Cyril and Methodius, Saints

▪ Christian theologians

Respectively,

born c. 827, Thessalonica, Macedonia

died Feb. 14, 869, Rome

born c. 815, Thessalonica

died April 6, 884, Moravia; feast day for both, Western Church February 14; Eastern Church May 11

      brothers who for christianizing the Danubian Slavs and for influencing the religious and cultural development of all Slavic peoples received the title “the apostles of the Slavs.” Both were outstanding scholars, theologians, and linguists. They were honoured by Pope John Paul II in his 1985 encyclical Slavorum Apostoli.

      In 860, Cyril (originally named Constantine), who had gone on a mission to the Arabs and been professor of philosophy at the patriarchal school in Constantinople, worked with Methodius, the abbot of a Greek monastery, for the conversion of the Khazars northeast of the Black Sea. In 862, when Prince Rostislav of Great Moravia asked Constantinople for missionaries, the emperor Michael III and the patriarch Photius named Cyril and Methodius. In 863, they started their work among the Slavs, using Slavonic in the liturgy. They translated the Holy Scriptures into the language later known as Old Church Slavonic (or Old Bulgarian) and invented a Slavic alphabet (Cyrillic alphabet) based on Greek characters that in its final Cyrillic form is still in use as the alphabet for modern Russian and a number of other Slavic languages.

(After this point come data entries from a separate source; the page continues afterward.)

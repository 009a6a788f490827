//! Content that is read before the version of a scenario is known.

ghost use Rattle.std.specs.Prelude.{◌≡◌};
ghost use Rattle.mencius_input.specs.Newest.{in_version};

use mencius_format::may_stand_in;
use mencius_io::IoFault;

/// The content of a list in the newest version, and the lowest version that allows the list. Each version that allows
/// the whole list gives it the same content. So a list can be read before the version is known.
#[derive(Drop)]
pub(crate) struct Newest<X> {
    pub said: Result<X, IoFault>,
    pub version: u64,
}

/// Returns the content of the list in a version, or `BadShape` if the version does not allow the list.
pub(crate) fn in_version<X: Drop>(version: u64, list: Newest<X>) -> Result<X, IoFault>
    ensures { result ≡ in_version version list }
{
    if !may_stand_in(list.version, version) {
        return Err(IoFault::BadShape);
    }
    list.said
}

      The brothers accepted Pope St. Nicholas I's invitation to Rome (867) to explain their conflict with the German archbishop of Salzburg and bishop of Passau, who claimed control of the same Slavic territory and who wanted to enforce the exclusive use of the Latin liturgy. Cyril and Methodius arrived in Rome (868), where the new pope, Adrian II, took their side, formally authorizing the use of the Slavic liturgy. When Cyril died, Adrian sent Methodius back to the Slavs as his legate and archbishop of Sirmium.

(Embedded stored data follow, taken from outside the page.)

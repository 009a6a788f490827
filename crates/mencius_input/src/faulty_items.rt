//! Finds the events and commands that have a fault.

ghost use Rattle.std.specs.Prelude.{◌≡◌, IfOk, None, Ok, Some, not, option_map, string_bytes};
ghost use Rattle.std.specs.Result.{result_err};
ghost use Rattle.serde_json.specs.Find.{as_str};
ghost use Rattle.serde_json.specs.View.{items_view, view};
ghost use Rattle.mencius_format.specs.Grammar.{command_of, is_command_within, event_of, is_event_within, may_stand_in, newest_version};
ghost use Rattle.mencius_format.specs.ValuesOrFaults.{value_or_fault};
ghost use Rattle.mencius_input.specs.Places.{first_item, is_fault, is_limit, is_shape, item_fault, item_version};
ghost use Rattle.mencius_format.specs.Words.{words};

use crate::kind::Kind;
use mencius_base::NoMemory;
use mencius_format::{
    FIRST_VERSION, command_version, event_version, may_stand_in, parse_command, parse_event,
};
use mencius_io::IoFault;
use serde_json::Value;
use std::alloc::Global;

/// Finds the first item that has the fault. Returns its index, from 0, and its text if it is a string.
pub(crate) fn first_item(
    alloc: Global,
    kind: Kind,
    version: u64,
    items: &[Value],
    fault: IoFault,
) -> Result<Option<(usize, Option<String>)>, NoMemory>
    ensures { IfOk result (λ o. option_map (λ x. (x.0, option_map string_bytes x.1)) o
        ≡ first_item kind fault version (items_view items.now)) }
{
    for (index, item) in items.iter().enumerate() {
        if has_fault(alloc, kind, version, item, fault)? {
            let text = text_of_item(alloc, item)?;
            return Ok(Some((index, text)));
        }
    }
    Ok(None)
}

// Returns whether an item has the fault.
fn has_fault(
    alloc: Global,
    kind: Kind,
    version: u64,
    item: &Value,
    fault: IoFault,
) -> Result<bool, NoMemory>
    ensures { IfOk result (λ x. x ≡ is_fault fault (item_fault kind version (view item.now))) }
{
    let found = fault_of_item(alloc, kind, version, item)?;
    Ok(is_fault(fault, found))
}

// Returns whether `found` is the fault. Only `BadShape` and `BadLimit` count.
fn is_fault(fault: IoFault, found: Option<IoFault>) -> bool
    ensures { result ≡ is_fault fault found }
{
    match found {
        Some(IoFault::BadShape) => is_shape(fault),
        Some(IoFault::BadLimit) => is_limit(fault),
        _ => false,
    }
}

/// Returns whether the fault is `BadShape`.
pub(crate) fn is_shape(fault: IoFault) -> bool
    ensures { result ≡ is_shape fault }
{
    matches!(fault, IoFault::BadShape)
}

/// Returns whether the fault is `BadLimit`.
pub(crate) fn is_limit(fault: IoFault) -> bool
    ensures { result ≡ is_limit fault }
{
    matches!(fault, IoFault::BadLimit)
}

// Returns the fault of an item in this version, if it has one.
fn fault_of_item(
    alloc: Global,
    kind: Kind,
    version: u64,
    item: &Value,
) -> Result<Option<IoFault>, NoMemory>
    ensures { IfOk result (λ o. o ≡ item_fault kind version (view item.now)) }
{
    if is_too_new(kind, version, item) {
        return Ok(Some(IoFault::BadShape));
    }
    newest_fault_of_item(alloc, kind, item)
}

// Returns whether this version does not allow an item.
fn is_too_new(kind: Kind, version: u64, item: &Value) -> bool
    ensures { result ≡ not (may_stand_in (item_version kind (view item.now)) version) }
{
    !may_stand_in(item_version(kind, item), version)
}

// Returns the lowest version that an item needs. Only the word of its operation decides this.
fn item_version(kind: Kind, item: &Value) -> u64
    ensures { result ≡ item_version kind (view item.now) }
{
    match (item.as_str(), kind) {
        (Some(text), Kind::Replay) => event_version(text),
        (Some(text), Kind::Run) => command_version(text),
        (None, _) => FIRST_VERSION,
    }
}

// Returns the fault of an item in the newest version, if it has one.
fn newest_fault_of_item(
    alloc: Global,
    kind: Kind,
    item: &Value,
) -> Result<Option<IoFault>, NoMemory>
    ensures { IfOk result (λ o. o ≡ item_fault kind newest_version (view item.now)) }
{
    match (item.as_str(), kind) {
        (Some(text), Kind::Replay) => fault_of_event(alloc, text),
        (Some(text), Kind::Run) => fault_of_command(alloc, text),
        (None, _) => Ok(Some(IoFault::BadShape)),
    }
}

// Returns the fault of an event in the newest version, if it has one.
fn fault_of_event(alloc: Global, text: &str) -> Result<Option<IoFault>, NoMemory>
    ensures { IfOk result (λ o.
        o ≡ result_err (value_or_fault is_event_within (event_of newest_version (words text.now)))) }
{
    match parse_event(alloc, text) {
        Ok(_) => Ok(None),
        Err(fault) => Ok(Some(fault.memory_apart()?)),
    }
}

// Returns the fault of a command in the newest version, if it has one.
fn fault_of_command(alloc: Global, text: &str) -> Result<Option<IoFault>, NoMemory>
    ensures { IfOk result (λ o.
        o ≡ result_err
        (value_or_fault is_command_within (command_of newest_version (words text.now)))) }
{
    match parse_command(alloc, text) {
        Ok(_) => Ok(None),
        Err(fault) => Ok(Some(fault.memory_apart()?)),
    }
}

// Returns the text of an item, if the item is a string.
fn text_of_item(alloc: Global, item: &Value) -> Result<Option<String>, NoMemory>
    ensures { IfOk result (λ o. option_map string_bytes o ≡ as_str (view item.now)) }
{
    match item.as_str() {
        Some(text) => Ok(Some(String::from_str(alloc, text)?)),
        None => Ok(None),
    }
}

      Methodius' ecclesiastical province included all of Moravia. When Rostislav's nephew and successor, Svatopluk, failed to support Methodius, he was tried in 870 by the German clergy, brutally treated, and jailed until liberated by the intervention of Pope John VIII. In 880 Methodius was again summoned to Rome about the Slavic liturgy, obtaining once more papal approval of his use of the vernacular.

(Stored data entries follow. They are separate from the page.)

//! Facts about the texts of all scenarios. The function does nothing when it runs, and its contract is a theorem.

ghost use Rattle.mencius_input.specs.Laws.{FaultsHavePlaces};

/// A mistake has a place. If [`read_scenario`](crate::read_scenario) or [`read_plan`](crate::read_plan) returns
/// `BadShape` or `BadLimit` for the bytes of a scenario, [`place_of`](crate::place_of) finds a place in them that has
/// this fault. So [`explain`](crate::explain) names that place, unless the text has too many signs for a tree.
pub fn faults_have_places()
    ensures { FaultsHavePlaces }
{}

      When Methodius' suffragan bishop, Wiching, continued to make trouble, Methodius tried to strengthen his position in the Eastern Church by visiting Constantinople in 882. After Methodius' death, Pope Stephen V forbade the use of the Slavonic liturgy; and Wiching, as successor, forced the disciples of Cyril and Methodius into exile. The posthumous influence of Cyril and Methodius reached distant Kiev in Russia and left traces among the Slavs of Croatia, Bohemia, and Poland. Soon canonized by the Eastern church, they were celebrated by the Roman Catholic church in 1880.

Cyrillic alphabet

      writing system developed in the 9th–10th century AD for Slavic-speaking peoples of the Eastern Orthodox faith; it is the alphabet currently used for Russian and other languages of the republics that once formed the Soviet Union and for Bulgarian and Serbian. Based on the medieval Greek uncial script, the Cyrillic alphabet was probably invented by later followers of the 9th-century “apostles to the Slavs,” St. Cyril (or Constantine), for whom it was named, and St. Methodius. As the Slavic languages were richer in sounds than Greek, 43 letters were originally provided to represent them; the added letters were modifications or combinations of Greek letters, or (in the case of the Cyrillic letters for ts, sh, and ch) they were based on Hebrew. The earliest literature written in Cyrillic was a translation of the Bible and various church texts.

      The modern Cyrillic alphabets—Russian, Ukrainian, Bulgarian, and Serbian—have been modified somewhat from the original, generally by the loss of some superfluous letters. Modern Russian has 32 letters (33, with inclusion of the soft sign—not strictly a letter), Bulgarian 30, Serbian 30, and Ukrainian 32 (33). Modern Russian Cyrillic has also been adapted to many non-Slavic languages, sometimes with the addition of special letters.